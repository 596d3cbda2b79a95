//! `read_script_into` and `read_script`, which read a trace whole and parse its rows.
ghost use Rattle.std.specs.Prelude.{◌≡◌, ◌≤◌, ◌⊎◌, ℕ, List, [], Some, All, IfOk, IfSome, OnOk, length};
ghost use Rattle.std.specs.Io.KnownBytes.{IsAtEnd};
ghost use Rattle.csv.specs.Reading.{Ready, default_config, error_kind, reader_trim, records, strip_bom};
ghost use Rattle.csv.specs.declared.reader.Trim.TheVariants as trim;
ghost use Rattle.bp_trace.specs.InRange.{AreNumberedFrom, IsInRange};
ghost use Rattle.bp_trace.specs.Reading.{HasRead, Leaves};
ghost use Rattle.bp_trace.specs.Script.{Answers, IsScriptOfSome, fault, fault_at, fault_of_kind, most_rows, script_from, script_of};

use crate::faults::{InputFault, TraceFault};
use crate::input::read_all;
use crate::record::parse_row;
use bp_page::Geometry;
use bp_scripts::Row;
use csv::{ByteRecord, Error, ErrorKind, Reader, ReaderBuilder};
use std::alloc::Global;
use std::io::Read;

const MAX_ROWS: u64 = 262_144;

/// Returns the fault of a record that could not be read: memory was refused, or the reader failed.
fn fault_of(error: Error) -> TraceFault
    ensures { result ≡ fault 0 (fault_of_kind (error_kind error)) }
{
    match error.into_kind() {
        ErrorKind::OutOfMemory => TraceFault::new(0, InputFault::OutOfMemory),
        _ => TraceFault::new(0, InputFault::ReadFault),
    }
}

/// Returns the fault of a record. `OutOfMemory` has row 0.
fn fault_at(row: u64, why: InputFault) -> TraceFault
    ensures { result ≡ fault_at row why }
{
    match why {
        InputFault::OutOfMemory => TraceFault::new(0, why),
        _ => TraceFault::new(row, why),
    }
}

/// Reads the records that a reader has left into an empty list, as rows numbered from 1, up to the first fault. It owns
/// nothing that an exit must drop, so its proof is short.
fn read_rows(
    alloc: Global,
    geometry: &Geometry,
    reader: &mut Reader<&[u8]>,
    record: &mut ByteRecord,
    rows: &mut Vec<Row>,
) -> Result<(), TraceFault>
    requires trim { reader_trim reader.old ≡ trim.None }
    requires ready { Ready reader.old }
    requires empty { rows.old.items ≡ [] }
    ensures { (left : List (List (List ℕ))) → Leaves (λ source. Some source.now) reader.old left →
        HasRead result rows.new.items (script_from geometry.now 1 left) }
{
    for number in 1..MAX_ROWS + 1 {
        let found = match reader.read_byte_record(record) {
            Ok(found) => found,
            Err(e) => return Err(fault_of(e)),
        };
        if !found {
            return Ok(());
        }
        let row = match parse_row(alloc, geometry, number, record) {
            Ok(row) => row,
            Err(why) => return Err(fault_at(number, why)),
        };
        if rows.push(row).is_err() {
            return Err(TraceFault::new(0, InputFault::OutOfMemory));
        }
    }
    let more = match reader.read_byte_record(record) {
        Ok(more) => more,
        Err(e) => return Err(fault_of(e)),
    };
    if more {
        return Err(TraceFault::new(MAX_ROWS + 1, InputFault::TooLong));
    }
    Ok(())
}

fn rows_of(alloc: Global, bytes: &[u8], geometry: &Geometry) -> Result<Vec<Row>, TraceFault>
    ensures { Answers result (script_from geometry.now 1
        (records default_config (strip_bom bytes.now))) }
{
    let mut reader = ReaderBuilder::new()
        .has_headers(false)
        .flexible(true)
        .from_reader(alloc, bytes);
    let mut record = ByteRecord::new(alloc);
    let mut rows = Vec::new(alloc);
    read_rows(alloc, geometry, &mut reader, &mut record, &mut rows)?;
    Ok(rows)
}

/// Reads the rows of a trace, or returns the first fault. The trace is read whole before any record is parsed.
///
/// The fault of a record has its number, from 1: `BadShape`, `BadClient`, `BadOp`, `BadNumber`, `BadHex` or
/// `OutOfPage`, or `TooLong` for the record after 262,144. Row 0 has `TooLong` for more than 67,108,864 bytes,
/// `ReadFault` for a reader that fails or needs more than 134,217,728 calls, and `OutOfMemory`.
///
/// After a fault of a record `text` has the bytes of the trace, from which `explain_fault` says what is wrong.
pub fn read_script_into<R: Read>(
    alloc: Global,
    reader: &mut R,
    geometry: &Geometry,
    text: &mut Vec<u8>,
) -> Result<Vec<Row>, TraceFault>
    ensures script { IfSome (R.remaining reader.old) (λ bytes.
        Answers result (script_of geometry.now bytes)) }
    ensures end { OnOk result (IsAtEnd (R.remaining reader.new)) }

    // The rows are those of some records, even of a reader whose bytes are not known.
    ensures some { IfOk result (λ rows. IsScriptOfSome geometry.now rows.items) }

    // These three are all that holds of every script: rows with them read back as themselves, by
    // `laws::written_rows_read_back`.
    ensures few { IfOk result (λ rows. length rows.items ≤ most_rows) }
    ensures numbered { IfOk result (λ rows. AreNumberedFrom 1 rows.items) }
    ensures in_range { IfOk result (λ rows. All (IsInRange geometry.now) rows.items) }
{
    let bytes = read_all(alloc, reader)?;
    let rows = rows_of(alloc, bytes.as_slice(), geometry);
    *text = bytes;
    rows
}

/// Reads the rows of a trace, or returns the first fault, as `read_script_into` does.
pub fn read_script<R: Read>(
    alloc: Global,
    reader: &mut R,
    geometry: &Geometry,
) -> Result<Vec<Row>, TraceFault>
    ensures script { IfSome (R.remaining reader.old) (λ bytes.
        Answers result (script_of geometry.now bytes)) }
    ensures end { OnOk result (IsAtEnd (R.remaining reader.new)) }

    // The rows are those of some records, even of a reader whose bytes are not known.
    ensures some { IfOk result (λ rows. IsScriptOfSome geometry.now rows.items) }

    // These three are all that holds of every script: rows with them read back as themselves, by
    // `laws::written_rows_read_back`.
    ensures few { IfOk result (λ rows. length rows.items ≤ most_rows) }
    ensures numbered { IfOk result (λ rows. AreNumberedFrom 1 rows.items) }
    ensures in_range { IfOk result (λ rows. All (IsInRange geometry.now) rows.items) }
{
    let mut text = Vec::new(alloc);
    read_script_into(alloc, reader, geometry, &mut text)
}
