//! `ReportKeeper`: a keeper that has of the entries what their report shows, and the list of them in proofs alone.
ghost use Rattle.std.specs.Prelude.{reverse, OnOk};
ghost use Rattle.std.specs.Io.KnownBytes.{Appends};
ghost use Rattle.bp_trace.specs.Report.{report_text};
ghost use Rattle.bp_trace.specs.Totals.{totals_text};
ghost use Rattle.bp_trail.specs.Totals.{totals_of};

use crate::printing::ReportLines;
use crate::total_lines::write_totals;
use bp_keeper::{GhostImage, Keeper, SilentKeeper};
use bp_page::{Image, Lsn};
use bp_trail::{Call, Grant, Reply, Totals};
use std::alloc::{AllocError, Global};
use std::io;
use std::io::Write;
use std::marker::Model;

/// The lines of the report of the entries, and the counts of the replies. Of an image it has no more than its line
/// shows. The room for as many lines as entries is taken at the start.
#[derive(Drop)]
pub struct ReportKeeper {
    counts: SilentKeeper,
    lines: ReportLines,
}

impl Model for ReportKeeper {
    ghost use Rattle.std.specs.Prelude.{◌≤◌, vec_capacity, vec_len};
    ghost use Rattle.bp_keeper.specs.Kept.{Kept, with_capacity};
    ghost use Rattle.bp_trace.specs.KeptLines.{HasLines};

    ghost Value = { Kept };

    ghost view = { λ t. with_capacity t.counts (vec_capacity t.lines.lines) };

    ghost invariant = { λ t. HasLines t.counts.past t.lines × (vec_len t.lines.lines ≤ t.counts.len)
        × (vec_capacity t.lines.lines ≤ t.counts.capacity) };
}

impl Keeper for ReportKeeper {
    ghost use Rattle.std.specs.Prelude.{◌≡◌, ◌^◌, true};
    ghost use Rattle.std.proofs.Common.{arith};

    type SpareImage = GhostImage;

    type SpareBytes = ();

    ghost MOST_ROOM = { 16777216 };

    const MOST_ROOM: usize = 16777216;

    ghost REFUSES = { true };

    ghost kept = { λ t. t };

    ghost serves_image = { λ spare image. spare.bytes ≡ image };

    ghost serves_bytes = { λ spare bytes. Unit {0} };

    ghost few = { omega arith };

    fn with_capacity(alloc: Global, room: usize) -> Result<Self, AllocError> {
        let lines = ReportLines::with_capacity(alloc, room)?;
        let counts = SilentKeeper::with_capacity(alloc, room)?;
        Ok(ReportKeeper { counts, lines })
    }

    fn spare_image(alloc: Global, image: &Image) -> Result<GhostImage, AllocError> {
        SilentKeeper::spare_image(alloc, image)
    }

    fn spare_bytes(alloc: Global, bytes: &[u8]) -> Result<(), AllocError> {
        SilentKeeper::spare_bytes(alloc, bytes)
    }

    fn len(&self) -> usize {
        self.counts.len()
    }

    fn totals(&self) -> Totals {
        self.counts.totals()
    }

    fn record(&mut self, client: u8, call: Call, reply: Reply) {
        self.lines.add(client, &call, &reply);
        self.counts.record(client, call, reply);
    }

    fn record_read(&mut self, pass: Grant, image: &Image, spare: GhostImage) {
        self.lines.add_read(pass.client, pass.page, image);
        self.counts.record_read(pass, image, spare);
    }

    fn record_write(&mut self, pass: Grant, offset: u32, bytes: &[u8], lsn: Lsn, spare: ()) {
        self.counts.record_write(pass, offset, bytes, lsn, spare);
    }

    fn record_read_end(
        &mut self,
        ticket: Grant,
        pass: u64,
        image: &Image,
        left: Image,
    ) -> Option<Image> {
        self.counts.record_read_end(ticket, pass, image, left)
    }

    fn record_begin(&mut self, call: Call, ticket: Grant, image: &Image, spare: GhostImage) {
        self.lines.skip(&call);
        self.counts.record_begin(call, ticket, image, spare);
    }
}

impl ReportKeeper {
    ghost use Rattle.std.specs.Prelude.{◌<◌, ◌^◌, length, if◌then◌else◌};
    ghost use Rattle.bp_trail.specs.Clock.{clock};

    /// Writes the report of the entries, of which there are fewer than 2^64, as are the ticks; or only its totals.
    ///
    /// A fault of the writer is passed on; the writer may then hold any part of the report.
    pub fn report<W: Write>(&self, totals: bool, writer: &mut W) -> io::Result<()>
        requires few { length self.now.past < 2 ^ 64 }
        requires in_time { clock self.now.past < 2 ^ 64 }
        ensures { OnOk result (Appends (W.contents writer.old) (W.contents writer.new)
            (if totals then totals_text (totals_of (reverse self.now.past))
            else report_text (reverse self.now.past))) }
    {
        if !totals {
            self.lines.write(writer)?;
        }
        write_totals(&self.counts.totals(), writer)
    }
}
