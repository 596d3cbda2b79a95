//! The entries of a session whose list is in memory, lent or handed out.
use super::Session;
use crate::names::PartNames;
use bp_core::Entry;
use bp_keeper::RecordingKeeper;
use bp_page::Refusal;

impl<N: PartNames> Session<N, RecordingKeeper> {
    ghost use Rattle.std.specs.Prelude.{◌≡◌, ◌+◌, ◌++◌, ◌≤◌, reverse, IsOk, IfOk, OnOk, OnErr, vec_capacity};
    ghost use Rattle.bp_page.specs.declared.refusals.Refusal.TheVariants as Refusal;
    ghost use Rattle.bp_session_log.specs.Books.{owed};
    ghost use Rattle.bp_shared.specs.Sessions.{IsCut, KeepsMemory};

    /// Lends the entries of the session's own list since the last cut, the oldest first.
    pub fn said(&self) -> &[Entry]
        ensures { reverse result.now ++ self.now.before ≡ self.now.said }
    {
        self.book.said()
    }

    /// Ends the session and returns the entries of its list since the last cut, the oldest first. It takes no memory.
    pub fn into_said(self) -> Vec<Entry>
        ensures { reverse result.items ++ self.before ≡ self.said }
    {
        self.book.into_said()
    }

    /// Hands out the entries of the list since the last cut, the oldest first. All else goes on: the passes held, and
    /// the room for what is owed. It takes no lock, and may be called between any two calls of the session. Memory is
    /// wanted only where entries are owed; where it is refused, which is `OutOfMemory`, nothing changes.
    pub fn cut(&mut self) -> Result<Vec<Entry>, Refusal>
        ensures entries { IfOk result (λ entries.
            reverse entries.items ++ self.old.before ≡ self.old.said) }
        ensures after { OnOk result (IsCut self.old self.new) }
        ensures memory { IfOk result (λ list. KeepsMemory self.old list) }
        ensures unchanged { OnErr result (self.new ≡ self.old) }
        ensures refused { OnErr result (result ≡ Err Refusal.OutOfMemory) }
        ensures enough { owed self.old.said ≡ 0 → IsOk result }
    {
        let alloc = self.book.alloc();
        self.cut_into(Vec::new(alloc))
    }

    /// A cut that goes on in the memory of a spare list. It is not refused where that has room for the entries that are
    /// owed: one for each pass held, and two for each ticket that the list was given and did not end. What the spare
    /// has is dropped, and none of its room is lost; the list handed out has all the memory that it had.
    pub fn cut_into(&mut self, spare: Vec<Entry>) -> Result<Vec<Entry>, Refusal>
        ensures entries { IfOk result (λ entries.
            reverse entries.items ++ self.old.before ≡ self.old.said) }
        ensures after { OnOk result (IsCut self.old self.new) }
        ensures memory { IfOk result (λ list. KeepsMemory self.old list) }
        ensures unchanged { OnErr result (self.new ≡ self.old) }
        ensures refused { OnErr result (result ≡ Err Refusal.OutOfMemory) }
        ensures room { OnOk result (vec_capacity spare ≤ self.new.room + owed self.old.said) }
        ensures enough { owed self.old.said ≤ vec_capacity spare → IsOk result }
    {
        self.book.cut(spare)
    }
}
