/// Appends the edits that move the cells of several rows as planned: all that move are unplaced, and
/// then placed at their planned places. None if the plan moves no such cell.
fn push_tall_edits(
    alloc: Global,
    placement: &Placement,
    team: &PaddedTeam,
    pass: &Pass,
    plan: &TeamPlan,
    cell_edits: &mut Vec<CellEdit>,
) -> Result<(), AllocError> {
    if !plan.moves_tall {
        return Ok(());
    }
    let places = tall_places(alloc, placement, team, pass, plan)?;
    let mut placed = Vec::new(alloc);
    let ids = placement.cells().cells_of(team.team);
    for (id, place) in ids.iter().zip(places.iter()) {
        let Some(cell) = movable_cell(placement, pass, *id) else {
            continue;
        };
        let now = placement.cells().working(*id);
        if is_planned_tall(placement.frame(), &cell) && !same_place(now, *place) {
            push_move(id.own, now, *place, cell_edits, &mut placed)?;
        }
    }
    cell_edits.extend_from_slice(placed.as_slice())?;
    Ok(())
}

/// Edits that unplace the cells whose entry is true.
fn unplace_loose(
    alloc: Global,
    placement: &Placement,
    number: usize,
    loose: &[bool],
) -> Result<Vec<CellEdit>, AllocError> {
    let mut cell_edits = Vec::new(alloc);
    for id in placement.cells().cells_of(number) {
        if is_loose(loose, id.own) && placement.cells().working(*id).is_some() {
            cell_edits.push(CellEdit {
                own: id.own,
                step: Edit::Unplace,
            })?;
        }
    }
    Ok(cell_edits)
}

/// Edits that move the cells as planned. Those of one row's height that keep no planned place are
/// unplaced.
fn place_by_plan(
    alloc: Global,
    placement: &Placement,
    team: &PaddedTeam,
    pass: &Pass,
    search: &RepairSearch<'_>,
) -> Result<Vec<CellEdit>, AllocError> {
    let mut loose = loose_cells(alloc, placement, team.team, pass)?;
    let plan = team_plan(alloc, placement, team, pass, loose.as_slice(), search)?;
    let list = planned_moves(alloc, placement, team, pass, &plan, &mut loose)?;
    let mut cell_edits = unplace_loose(alloc, placement, team.team, loose.as_slice())?;
    push_tall_edits(alloc, placement, team, pass, &plan, &mut cell_edits)?;
    with_moves(alloc, cell_edits.as_slice(), list)
}

/// The edits of a phase for the cells of the team. Locked cells, and those that no place can hold,
/// have no edits. `Err` if an allocation fails.
pub fn edits_for(
    alloc: Global,
    placement: &Placement,
    team: &PaddedTeam,
    pass: &Pass,
    phase: Phase,
    search: &RepairSearch<'_>,
) -> Result<Vec<CellEdit>, AllocError> {
    match phase {
        Phase::UnplaceForTall => unplace_for_tall(alloc, placement, team.team, pass),
        Phase::PlaceTall => legalize_tall(alloc, placement, team.team, pass, search),
        Phase::PlacePlanned => place_by_plan(alloc, placement, team, pass, search),
        Phase::PlaceRemaining => legalize_unplaced(alloc, placement, team.team, pass, search),
    }
}
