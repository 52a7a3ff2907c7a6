// The names of an equation, one after the other.
ghost use Rattle.std.specs.Iterator.{YieldsFirst, item_count};
ghost use Rattle.ol_order.specs.Names.{names_of};

use ol_ir::Counted;
use ol_ir::read::bytes;
use ol_tables::bytes::name;

// The names that are left, up to one that the file's end cuts off.
#[derive(Drop)]
pub(crate) struct Names<'f> {
    pub(crate) file: &'f [u8],
    pub(crate) left: Counted,
}

impl<'f> Iterator for Names<'f> {
    type Item = usize;

    ghost next_gives = { YieldsFirst names_of };

    ghost remaining = { item_count names_of };

    fn next(&mut self) -> Option<usize> {
        if self.left.count == 0 {
            return None;
        }
        self.left.count -= 1;
        let x = name(self.file, self.left.at);
        match bytes(self.file, 2, self.left.at) {
            Ok(p) => self.left.at = p,
            Err(_) => self.left.count = 0,
        }
        Some(x)
    }
}
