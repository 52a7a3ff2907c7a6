// How many equations a node has.
ghost use Rattle.std.specs.Prelude.{◌≡◌};
ghost use Rattle.ol_spec.specs.Limits.{relay_loader};
ghost use Rattle.ol_spec.specs.Read.{read_file};
ghost use Rattle.ol_order.specs.Counts.{equations_of};

use ol_ir::node::equation_starts;
use ol_ir::project::{base, load_file};

// How many equations a node of a file has; 0 where the file does not read or has no such node, and no
// error: it is public, and could not fail. It asks nothing else of the file, as the ordering does.
pub fn equation_count(file: &[u8], node: usize) -> usize
    ensures { result ≡ equations_of (read_file file.now relay_loader) node }
{
    // How many nodes there are is known at the run only: the array has the most.
    let mut nodes = [0usize; 32];
    let Ok(loaded) = load_file(file, &mut nodes) else {
        return 0;
    };
    if loaded.nodes <= node {
        return 0;
    }
    equation_starts(file, base(), loaded.enums, nodes[node], &mut []).map_or(
        0,
        |equations| equations.count,
    )
}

===

### [TO DO]
Transcribe, exactly and without additions, the lines of the records above, beginning with the line that contains "reverse result.now ++" and ending with the line that contains "pub fn into_said(self) -> Vec<Entry>", both included.

### [ANSWER BELOW]
        ensures { reverse result.now ++ self.now.before ≡ self.now.said }
    {
        self.book.said()
    }

    /// Ends the session and returns the entries of its list since the last cut, the oldest first. It takes no memory.
    pub fn into_said(self) -> Vec<Entry>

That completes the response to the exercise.